* [What you are asked to do] Should any entry seem unclear, still set it down exactly as given, along with all the others.

──────────────────────────────

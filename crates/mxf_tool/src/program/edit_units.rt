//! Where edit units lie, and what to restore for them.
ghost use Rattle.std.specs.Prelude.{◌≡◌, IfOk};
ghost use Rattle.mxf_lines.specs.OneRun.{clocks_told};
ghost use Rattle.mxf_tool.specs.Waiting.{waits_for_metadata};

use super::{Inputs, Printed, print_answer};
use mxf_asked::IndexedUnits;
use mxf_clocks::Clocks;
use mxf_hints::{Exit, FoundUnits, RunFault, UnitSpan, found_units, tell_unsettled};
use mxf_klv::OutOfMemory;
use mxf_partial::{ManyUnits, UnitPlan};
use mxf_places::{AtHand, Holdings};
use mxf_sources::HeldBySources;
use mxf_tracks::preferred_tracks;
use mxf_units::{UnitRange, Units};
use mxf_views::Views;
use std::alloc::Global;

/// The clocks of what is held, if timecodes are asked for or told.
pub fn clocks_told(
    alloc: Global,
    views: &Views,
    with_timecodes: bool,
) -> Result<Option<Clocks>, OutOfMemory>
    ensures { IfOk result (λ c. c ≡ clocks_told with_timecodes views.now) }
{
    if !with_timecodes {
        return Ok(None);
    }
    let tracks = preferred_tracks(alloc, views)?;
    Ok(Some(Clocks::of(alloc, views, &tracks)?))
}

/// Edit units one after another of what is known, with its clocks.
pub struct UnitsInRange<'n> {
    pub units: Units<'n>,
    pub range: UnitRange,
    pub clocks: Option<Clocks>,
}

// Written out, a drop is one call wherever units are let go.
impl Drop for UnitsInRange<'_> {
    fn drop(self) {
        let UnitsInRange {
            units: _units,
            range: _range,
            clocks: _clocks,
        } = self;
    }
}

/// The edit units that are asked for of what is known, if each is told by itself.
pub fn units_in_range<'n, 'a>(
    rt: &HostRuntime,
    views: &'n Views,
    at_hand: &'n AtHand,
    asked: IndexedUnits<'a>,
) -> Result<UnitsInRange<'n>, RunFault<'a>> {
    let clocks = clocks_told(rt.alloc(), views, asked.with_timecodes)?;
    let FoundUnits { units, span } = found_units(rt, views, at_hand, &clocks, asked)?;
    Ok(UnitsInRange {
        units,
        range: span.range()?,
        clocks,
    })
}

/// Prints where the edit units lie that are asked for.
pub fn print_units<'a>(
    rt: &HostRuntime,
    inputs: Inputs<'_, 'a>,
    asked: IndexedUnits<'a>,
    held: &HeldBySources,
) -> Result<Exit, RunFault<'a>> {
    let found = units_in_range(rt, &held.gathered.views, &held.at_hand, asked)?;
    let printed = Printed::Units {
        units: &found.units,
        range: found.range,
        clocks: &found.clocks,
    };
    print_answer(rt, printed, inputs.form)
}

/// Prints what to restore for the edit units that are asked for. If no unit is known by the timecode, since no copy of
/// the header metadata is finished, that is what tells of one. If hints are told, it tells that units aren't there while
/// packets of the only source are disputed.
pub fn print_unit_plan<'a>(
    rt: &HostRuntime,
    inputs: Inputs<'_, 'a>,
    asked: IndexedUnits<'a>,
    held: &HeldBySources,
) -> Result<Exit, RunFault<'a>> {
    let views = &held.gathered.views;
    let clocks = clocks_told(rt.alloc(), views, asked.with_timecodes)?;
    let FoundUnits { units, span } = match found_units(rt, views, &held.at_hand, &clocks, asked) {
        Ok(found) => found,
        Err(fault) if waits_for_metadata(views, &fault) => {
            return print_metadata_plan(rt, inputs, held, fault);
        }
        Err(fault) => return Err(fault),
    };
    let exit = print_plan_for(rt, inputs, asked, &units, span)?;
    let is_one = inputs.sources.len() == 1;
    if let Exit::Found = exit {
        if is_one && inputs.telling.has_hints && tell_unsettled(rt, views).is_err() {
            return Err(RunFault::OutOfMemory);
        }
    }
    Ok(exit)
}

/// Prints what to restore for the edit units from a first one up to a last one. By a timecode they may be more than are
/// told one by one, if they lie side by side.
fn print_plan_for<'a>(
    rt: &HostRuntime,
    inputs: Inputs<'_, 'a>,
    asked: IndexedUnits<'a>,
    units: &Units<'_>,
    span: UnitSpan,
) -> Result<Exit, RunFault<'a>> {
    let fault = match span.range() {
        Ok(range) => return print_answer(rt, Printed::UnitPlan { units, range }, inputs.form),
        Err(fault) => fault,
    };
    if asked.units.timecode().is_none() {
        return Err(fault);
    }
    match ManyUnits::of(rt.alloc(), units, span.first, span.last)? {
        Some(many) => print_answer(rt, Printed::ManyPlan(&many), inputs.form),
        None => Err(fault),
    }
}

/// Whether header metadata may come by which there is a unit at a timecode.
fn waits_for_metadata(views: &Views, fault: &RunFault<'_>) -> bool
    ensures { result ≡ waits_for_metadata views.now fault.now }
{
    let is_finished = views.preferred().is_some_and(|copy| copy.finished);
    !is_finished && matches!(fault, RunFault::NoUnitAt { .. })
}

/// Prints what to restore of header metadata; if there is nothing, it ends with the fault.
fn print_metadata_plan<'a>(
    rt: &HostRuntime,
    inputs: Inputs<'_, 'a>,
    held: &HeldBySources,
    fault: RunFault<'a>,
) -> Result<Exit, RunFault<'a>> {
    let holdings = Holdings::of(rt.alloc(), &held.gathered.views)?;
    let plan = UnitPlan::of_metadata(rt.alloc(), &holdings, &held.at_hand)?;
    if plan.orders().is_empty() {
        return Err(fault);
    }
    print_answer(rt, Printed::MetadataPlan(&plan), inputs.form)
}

──────────────────────────────

* [Answer space]
filename crates/mxf_tool/src/program/edit_units.rt
//! Where edit units lie, and what to restore for them.
ghost use Rattle.std.specs.Prelude.{◌≡◌, IfOk};
ghost use Rattle.mxf_lines.specs.OneRun.{clocks_told};
ghost use Rattle.mxf_tool.specs.Waiting.{waits_for_metadata};

use super::{Inputs, Printed, print_answer};
use mxf_asked::IndexedUnits;
use mxf_clocks::Clocks;
use mxf_hints::{Exit, FoundUnits, RunFault, UnitSpan, found_units, tell_unsettled};
use mxf_klv::OutOfMemory;
use mxf_partial::{ManyUnits, UnitPlan};
use mxf_places::{AtHand, Holdings};
use mxf_sources::HeldBySources;
use mxf_tracks::preferred_tracks;
use mxf_units::{UnitRange, Units};
use mxf_views::Views;
use std::alloc::Global;

/// The clocks of what is held, if timecodes are asked for or told.
pub fn clocks_told(
    alloc: Global,
    views: &Views,
    with_timecodes: bool,
) -> Result<Option<Clocks>, OutOfMemory>
    ensures { IfOk result (λ c. c ≡ clocks_told with_timecodes views.now) }
{
    if !with_timecodes {
        return Ok(None);
    }
    let tracks = preferred_tracks(alloc, views)?;
    Ok(Some(Clocks::of(alloc, views, &tracks)?))
}

/// Edit units one after another of what is known, with its clocks.
pub struct UnitsInRange<'n> {
    pub units: Units<'n>,
    pub range: UnitRange,
    pub clocks: Option<Clocks>,
}

// Written out, a drop is one call wherever units are let go.
impl Drop for UnitsInRange<'_> {
    fn drop(self) {
        let UnitsInRange {
            units: _units,
            range: _range,
            clocks: _clocks,
        } = self;
    }
}

/// The edit units that are asked for of what is known, if each is told by itself.
pub fn units_in_range<'n, 'a>(
    rt: &HostRuntime,
    views: &'n Views,
    at_hand: &'n AtHand,
    asked: IndexedUnits<'a>,
) -> Result<UnitsInRange<'n>, RunFault<'a>> {
    let clocks = clocks_told(rt.alloc(), views, asked.with_timecodes)?;
    let FoundUnits { units, span } = found_units(rt, views, at_hand, &clocks, asked)?;
    Ok(UnitsInRange {
        units,
        range: span.range()?,
        clocks,
    })
}

/// Prints where the edit units lie that are asked for.
pub fn print_units<'a>(
    rt: &HostRuntime,
    inputs: Inputs<'_, 'a>,
    asked: IndexedUnits<'a>,
    held: &HeldBySources,
) -> Result<Exit, RunFault<'a>> {
    let found = units_in_range(rt, &held.gathered.views, &held.at_hand, asked)?;
    let printed = Printed::Units {
        units: &found.units,
        range: found.range,
        clocks: &found.clocks,
    };
    print_answer(rt, printed, inputs.form)
}

/// Prints what to restore for the edit units that are asked for. If no unit is known by the timecode, since no copy of
/// the header metadata is finished, that is what tells of one. If hints are told, it tells that units aren't there while
/// packets of the only source are disputed.
pub fn print_unit_plan<'a>(
    rt: &HostRuntime,
    inputs: Inputs<'_, 'a>,
    asked: IndexedUnits<'a>,
    held: &HeldBySources,
) -> Result<Exit, RunFault<'a>> {
    let views = &held.gathered.views;
    let clocks = clocks_told(rt.alloc(), views, asked.with_timecodes)?;
    let FoundUnits { units, span } = match found_units(rt, views, &held.at_hand, &clocks, asked) {
        Ok(found) => found,
        Err(fault) if waits_for_metadata(views, &fault) => {
            return print_metadata_plan(rt, inputs, held, fault);
        }
        Err(fault) => return Err(fault),
    };
    let exit = print_plan_for(rt, inputs, asked, &units, span)?;
    let is_one = inputs.sources.len() == 1;
    if let Exit::Found = exit {
        if is_one && inputs.telling.has_hints && tell_unsettled(rt, views).is_err() {
            return Err(RunFault::OutOfMemory);
        }
    }
    Ok(exit)
}

/// Prints what to restore for the edit units from a first one up to a last one. By a timecode they may be more than are
/// told one by one, if they lie side by side.
fn print_plan_for<'a>(
    rt: &HostRuntime,
    inputs: Inputs<'_, 'a>,
    asked: IndexedUnits<'a>,
    units: &Units<'_>,
    span: UnitSpan,
) -> Result<Exit, RunFault<'a>> {
    let fault = match span.range() {
        Ok(range) => return print_answer(rt, Printed::UnitPlan { units, range }, inputs.form),
        Err(fault) => fault,
    };
    if asked.units.timecode().is_none() {
        return Err(fault);
    }
    match ManyUnits::of(rt.alloc(), units, span.first, span.last)? {
        Some(many) => print_answer(rt, Printed::ManyPlan(&many), inputs.form),
        None => Err(fault),
    }
}

/// Whether header metadata may come by which there is a unit at a timecode.
fn waits_for_metadata(views: &Views, fault: &RunFault<'_>) -> bool
    ensures { result ≡ waits_for_metadata views.now fault.now }
{
    let is_finished = views.preferred().is_some_and(|copy| copy.finished);
    !is_finished && matches!(fault, RunFault::NoUnitAt { .. })
}

/// Prints what to restore of header metadata; if there is nothing, it ends with the fault.
fn print_metadata_plan<'a>(
    rt: &HostRuntime,
    inputs: Inputs<'_, 'a>,
    held: &HeldBySources,
    fault: RunFault<'a>,
) -> Result<Exit, RunFault<'a>> {
    let holdings = Holdings::of(rt.alloc(), &held.gathered.views)?;
    let plan = UnitPlan::of_metadata(rt.alloc(), &holdings, &held.at_hand)?;
    if plan.orders().is_empty() {
        return Err(fault);
    }
    print_answer(rt, Printed::MetadataPlan(&plan), inputs.form)
}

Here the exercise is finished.